We will consider a confidence interval of 0.05 and utilize a binomial distribution.

```python
import scipy.stats as stats

successes = # number of successful repairs

alpha = 0.05

p_value = stats.binom_test(successes, n=25, p=0.5, alternative='greater')

print(f"p_value: {p_value}")

if p_value < alpha:
    print("Reject the null hypothesis")
    print("The proportion of errors solved is significantly greater than 0.5.")
else:
    print("Fail to reject the null hypothesis")
    print("The proportion of errors solved is not significantly greater than 0.5.")
```


fukkatsu will utilize the `gpt-3.5-turbo` model in all simulations. For each simulation, 3 lives will be allocated. The functions will also be provided with sufficient context. 
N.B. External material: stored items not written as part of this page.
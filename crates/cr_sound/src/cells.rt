//! Whether cells are such as a store holds; whether their stamps are distinct is told in `stamps`.

ghost use Rattle.std.specs.Prelude.{◌≡◌, None, Decides, IfOk};
ghost use Rattle.std.specs.List.{AllByRecursion};
ghost use Rattle.cr_lattice.specs.Keep.{keep};
ghost use Rattle.cr_cells.specs.Tables.{fault_in, AreWellFormed};
ghost use Rattle.cr_cells.specs.Holding.{changes_of, IsStampedTo};
ghost use Rattle.cr_sound.specs.Sound.{may_follow, is_stamped_to};

use cr_cells::tables::check_in;
use cr_lattice::change::Change;
use cr_lattice::check::CheckError;
use cr_lattice::order::{beats, cmp_changes};
use cr_lattice::stamped::Stamped;
use cr_lattice::table::Table;
use std::alloc::{AllocError, Global};

// ---- kept changes

// Whether a change can stand right after another among kept changes. Neighbours are all that need be asked: where each
// passes, the changes of a row share their causal length and ascend by cid, so that none of them beats another.
#[tactic(auto, unfolding(crate::specs::Sound::may_follow))]
fn may_follow(last: &Change, next: &Change) -> bool
    ensures { result ≡ may_follow last.now next.now }
{
    cmp_changes(last, next).is_lt() && !beats(last, next) && !beats(next, last)
}

/// Whether the changes of cells are what they keep: in the order of changes, each once, and none beaten by another.
pub(crate) fn are_kept(cells: &[Stamped]) -> bool
    ensures { Decides result (keep (changes_of cells.now) ≡ changes_of cells.now) }
{
    cells.is_sorted_by(|last, next| may_follow(&last.change, &next.change))
}

// ---- stamps

// Whether a cell is stamped by one of the commits up to a version.
fn is_stamped_to(cell: &Stamped, version: i64) -> bool
    ensures { result ≡ is_stamped_to version cell.now }
{
    cell.version >= 1 && cell.version <= version && cell.seq >= 0
}

/// Whether each cell is stamped with a version from 1 to this one and with a place from 0 on.
pub(crate) fn are_stamped_to(cells: &[Stamped], version: i64) -> bool
    ensures { Decides result (AllByRecursion (IsStampedTo version) cells.now) }
{
    cells.iter().all(|cell| is_stamped_to(cell, version))
}

// ---- faults

// Whether a change is well formed for a replicated table of its name.
fn is_well_formed(alloc: Global, tables: &[Table], change: &Change) -> Result<bool, AllocError>
    ensures { IfOk result (λ b. Decides b (fault_in tables.now change.now ≡ None)) }
{
    match check_in(alloc, tables, change) {
        Ok(()) => Ok(true),
        Err(CheckError::Bad(_)) => Ok(false),
        Err(CheckError::Memory) => Err(AllocError),
    }
}

/// Whether the change of each cell is well formed for a replicated table of its name.
///
/// # Errors
/// `AllocError` where memory does not suffice to unpack a key.
pub(crate) fn are_well_formed(
    alloc: Global,
    tables: &[Table],
    cells: &[Stamped],
) -> Result<bool, AllocError>
    ensures { IfOk result (λ b. Decides b (AreWellFormed tables.now (changes_of cells.now))) }
{
    for cell in cells {
        if !is_well_formed(alloc, tables, &cell.change)? {
            return Ok(false);
        }
    }
    Ok(true)
}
After conducting all the tests, we will finally apply a `chi-square test`. This test will help determine whether there is a statistically significant difference in the fukkatsu's performance across the error types. If the test results indicate a significant association, it suggests that the effectiveness of fukkatsu varies depending on the error type.

```python
import numpy as np
from scipy.stats import chi2_contingency

observed_counts = np.array([[10, 20], [15, 25], [5, 30]])

chi2, p_value, dof, expected = chi2_contingency(observed_counts)

print("Chi-square statistic:", chi2)
print("P-value:", p_value)
print("Degrees of freedom:", dof)
print("Expected counts:", expected)
```

You can see each simulation recored in the different jupyter notebooks contained within the `research` directory.